Adam Smith vs. Zeca Pagodinho

Por Meg Barros em 28/10/2008 na edição 509

Dia desses, ao ser questionado sobre a atual situação de crise econômico-financeira mundial, o presidente Lula respondeu a repórteres que não se pode tratar a economia como na música de Zeca Pagodinho Deixa a vida me levar… Nem precisa dizer que choveram críticas dos jornalistas à resposta do chefe do poder Executivo.

O que poucos entenderam é que a frase do presidente tinha a intenção de tornar seu pensamento o mais rapidamente assimilado por qualquer pessoa sem conhecimento teórico sobre economia. Ele pretendia alcançar a compreensão de todos, perfazer o caminho completo da comunicação: do emissor (ele próprio) ao receptor (povo).

Os que já passaram pelas cadeiras do curso de Economia Política esbarram na teoria de Adam Smith sobre liberalismo econômico. Para ele, a intervenção do Estado na economia deve ser a menor possível (Teoria do Estado Mínimo), pois acredita existir uma ordem natural capaz de reger as relações econômicas dos Estados (Teoria da Mão Invisível). Smith era defensor da máxima ‘laissez-faire, laissez-passer‘, em português ‘deixe estar, deixe passar’, no sentido da não-interferência do Estado na economia.

Com o povo e para o povo

Lula, ao responder ao jornalista que não se pode tratar a economia como na música de Zeca Pagodinho Deixa a vida me levar, estava criticando, mas de uma forma muito criativa, o liberalismo econômico defendido por Smith (laissez-faire, laissez-passer).

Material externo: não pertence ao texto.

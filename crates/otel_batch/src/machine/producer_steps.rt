//! The steps of the producers, and the posting of a resource. None takes memory: the queues have their room, and spans
//! are moved.

ghost use Rattle.std.specs.Prelude.{◌≡◌};

use crate::machine::batch_machine::BatchMachine;
use crate::machine::queue::{is_sampled, message_of, post_message, queue_span};
use crate::machine::slots::{
    after_send, is_asking, is_idle, is_posting, is_refused, is_resetting, number_held_at, set_slot,
    take_answer, take_span,
};
use crate::machine::state::{Message, Request, Slot};
use crate::machine::step::Outcome;
use otel_export::trace::{SpanData, SpanExporter};
use otel_resource::resource::Resource;

impl<E: SpanExporter> BatchMachine<E> {
    ghost use Rattle.otel_batch.specs.MachineState.{counts};
    ghost use Rattle.otel_batch.specs.ProducerSteps.{OfferRow, SendRow, UndoRow, AskRow, PostRow, ResetRow};
    ghost use Rattle.otel_batch.specs.RequestSteps.{RequestRow, CollectRow, ResourceRow};
    ghost use Rattle.otel_batch.specs.MovedSpans.{Keeps, MovesSpans};
    ghost use Rattle.otel_batch.specs.declared.machine.step.Step.TheVariants as step;

    #[tactic(auto, using(crate::proofs::SlotSums::slot_sums))]
    pub(super) fn offer(&mut self, p: usize, span: SpanData) -> Outcome
        ensures row { OfferRow (counts self.old) p span result (counts self.new) }
        ensures moved { Keeps self.old self.new }
    {
        if !is_idle(&self.slots, p) {
            drop(span);
            return Outcome::NotEnabled;
        }
        if !is_sampled(&span) {
            drop(span);
            return Outcome::Skipped;
        }
        self.counter += 1;
        let n = self.counter;
        set_slot(&mut self.slots, p, Slot::Holding(span, n));
        Outcome::Counted(n)
    }

    pub(super) fn send(&mut self, p: usize) -> Outcome
        ensures row { SendRow (counts self.old) p result (counts self.new) }
        ensures moved { MovesSpans E.SpanExporter self.old (step.Send p) result self.new }
    {
        let Some(n) = number_held_at(&self.slots, p) else {
            return Outcome::NotEnabled;
        };
        if self.closed {
            set_slot(&mut self.slots, p, Slot::Refused);
            return Outcome::Closed;
        }
        if self.waiting.is_full() {
            self.dropped = self.dropped.saturating_add(1);
            set_slot(&mut self.slots, p, Slot::Refused);
            return Outcome::Full;
        }
        let span = take_span(&mut self.slots, p, after_send(self.batch_size, n));
        let _ = queue_span(&mut self.waiting, span);
        Outcome::Accepted
    }

    pub(super) fn undo(&mut self, p: usize) -> Outcome
        ensures row { UndoRow (counts self.old) p result (counts self.new) }
        ensures moved { Keeps self.old self.new }
    {
        if !is_refused(&self.slots, p) {
            return Outcome::NotEnabled;
        }
        self.counter -= 1;
        set_slot(&mut self.slots, p, Slot::Idle);
        Outcome::Undone
    }

    pub(super) fn ask(&mut self, p: usize) -> Outcome
        ensures row { AskRow (counts self.old) p result (counts self.new) }
        ensures moved { Keeps self.old self.new }
    {
        if !is_asking(&self.slots, p) {
            return Outcome::NotEnabled;
        }
        if self.flag {
            set_slot(&mut self.slots, p, Slot::Idle);
            return Outcome::AlreadyAsked;
        }
        self.flag = true;
        set_slot(&mut self.slots, p, Slot::Posting);
        Outcome::MayPost
    }

    pub(super) fn post(&mut self, p: usize) -> Outcome
        ensures row { PostRow (counts self.old) p result (counts self.new) }
        ensures moved { Keeps self.old self.new }
    {
        if !is_posting(&self.slots, p) {
            return Outcome::NotEnabled;
        }
        if self.closed {
            set_slot(&mut self.slots, p, Slot::Resetting);
            return Outcome::Closed;
        }
        if !post_message(&mut self.messages, Message::Export) {
            set_slot(&mut self.slots, p, Slot::Resetting);
            return Outcome::Full;
        }
        set_slot(&mut self.slots, p, Slot::Idle);
        Outcome::Posted
    }

    pub(super) fn reset(&mut self, p: usize) -> Outcome
        ensures row { ResetRow (counts self.old) p result (counts self.new) }
        ensures moved { Keeps self.old self.new }
    {
        if !is_resetting(&self.slots, p) {
            return Outcome::NotEnabled;
        }
        self.flag = false;
        set_slot(&mut self.slots, p, Slot::Idle);
        Outcome::ResetDone
    }

    pub(super) fn request(&mut self, request: Request, p: usize) -> Outcome
        ensures row { RequestRow (counts self.old) request p result (counts self.new) }
        ensures moved { Keeps self.old self.new }
    {
        if !is_idle(&self.slots, p) {
            return Outcome::NotEnabled;
        }
        if self.closed {
            return Outcome::Closed;
        }
        if !post_message(&mut self.messages, message_of(request, p)) {
            return Outcome::Full;
        }
        set_slot(&mut self.slots, p, Slot::Waiting(request));
        Outcome::Requested
    }

    pub(super) fn collect(&mut self, p: usize) -> Outcome
        ensures row { CollectRow (counts self.old) p result (counts self.new) }
        ensures moved { Keeps self.old self.new }
    {
        let Some(answer) = take_answer(&mut self.slots, p) else {
            return Outcome::NotEnabled;
        };
        Outcome::Collected(answer)
    }

    pub(super) fn post_resource(&mut self, resource: Resource) -> Outcome
        ensures row { ResourceRow (counts self.old) resource result (counts self.new) }
        ensures moved { Keeps self.old self.new }
    {
        if self.closed {
            drop(resource);
            return Outcome::Closed;
        }
        if !post_message(&mut self.messages, Message::Resource(resource)) {
            return Outcome::Full;
        }
        Outcome::Posted
    }
}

Que outra forma mais simples e compreensível para um presidente falar sobre economia para os brasileiros? Ele estabeleceu um nível completo de comunicação. E mais, o tom cômico da frase de comparação torna a mensagem facilmente lembrada.

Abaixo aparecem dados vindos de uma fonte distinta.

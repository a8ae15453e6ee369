// Whether no recorded row has a fault, so that the report can be measured and written.
ghost use Rattle.std.specs.Prelude.{◌≡◌, ◌<◌, length};
ghost use Rattle.definition.specs.Module.{module_of};
ghost use Rattle.layout.specs.Indexed.{tables_of};
ghost use Rattle.run_state.specs.Course.{Ended};
ghost use Rattle.report_size.specs.Reporting.{Faultless};
ghost use Rattle.report_size.specs.Here.{Here};
ghost use Rattle.resumable.specs.Decides.{Decides};
ghost use Rattle.resumable.specs.faultless.Fine.{FineAt, FineIn};

use checks::always_fault;
use index::chunk_at;
use layout::{Chunk, Tables, row_at};
use report_size::{is_recorded, recorded_count};
use visit::visit_at;

// The visit of an instruction, if it is recorded, is refused in no mode.
fn is_fine(s: &[u8], ws: &[u32], t: Tables, c: usize, ch: Chunk, i: usize) -> bool
    requires ended { Ended s.now ws.now }
    requires t_value { t ≡ tables_of s.now }
    requires here { Here s.now ws.now c ch i }
    ensures { Decides result (FineAt s.now ws.now c i) }
{
    if !is_recorded(ws, row_at(ch, i)) {
        return true;
    }
    always_fault(s, ws, t, visit_at(s, ws, c, ch, i)) == 0
}

fn chunk_fine(s: &[u8], ws: &[u32], t: Tables, c: usize) -> bool
    requires ended { Ended s.now ws.now }
    requires t_value { t ≡ tables_of s.now }
    requires c_in_bounds { c < length (module_of s.now).chunks }
    ensures { Decides result (FineIn s.now ws.now c) }
{
    let ch = chunk_at(s, ws, c);
    let count = recorded_count(ch);
    for i in 0..count {
        if !is_fine(s, ws, t, c, ch, i) {
            return false;
        }
    }
    true
}

// No recorded row has a fault.
pub fn is_faultless(s: &[u8], ws: &[u32], t: Tables) -> bool
    requires ended { Ended s.now ws.now }
    requires t_value { t ≡ tables_of s.now }
    ensures { Decides result (Faultless s.now ws.now) }
{
    for c in 0..t.chunks {
        if !chunk_fine(s, ws, t, c) {
            return false;
        }
    }
    true
}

Com essa declaração, ao contrário do que muitos jornalistas pensaram, Lula defendeu a ingerência do Estado na controle da atividade econômica, como forma de proteger interesses que considera fundamentais para a política econômica do seu governo.

É uma forma de comunicar das mais inteligíveis que eu já vi, e que muita gente não compreende. Daí o que tantos não entendem – a crescente aprovação do governo Lula, no fundo, tem uma explicação muito simples: cada vez mais, ele fala com o povo e para o povo.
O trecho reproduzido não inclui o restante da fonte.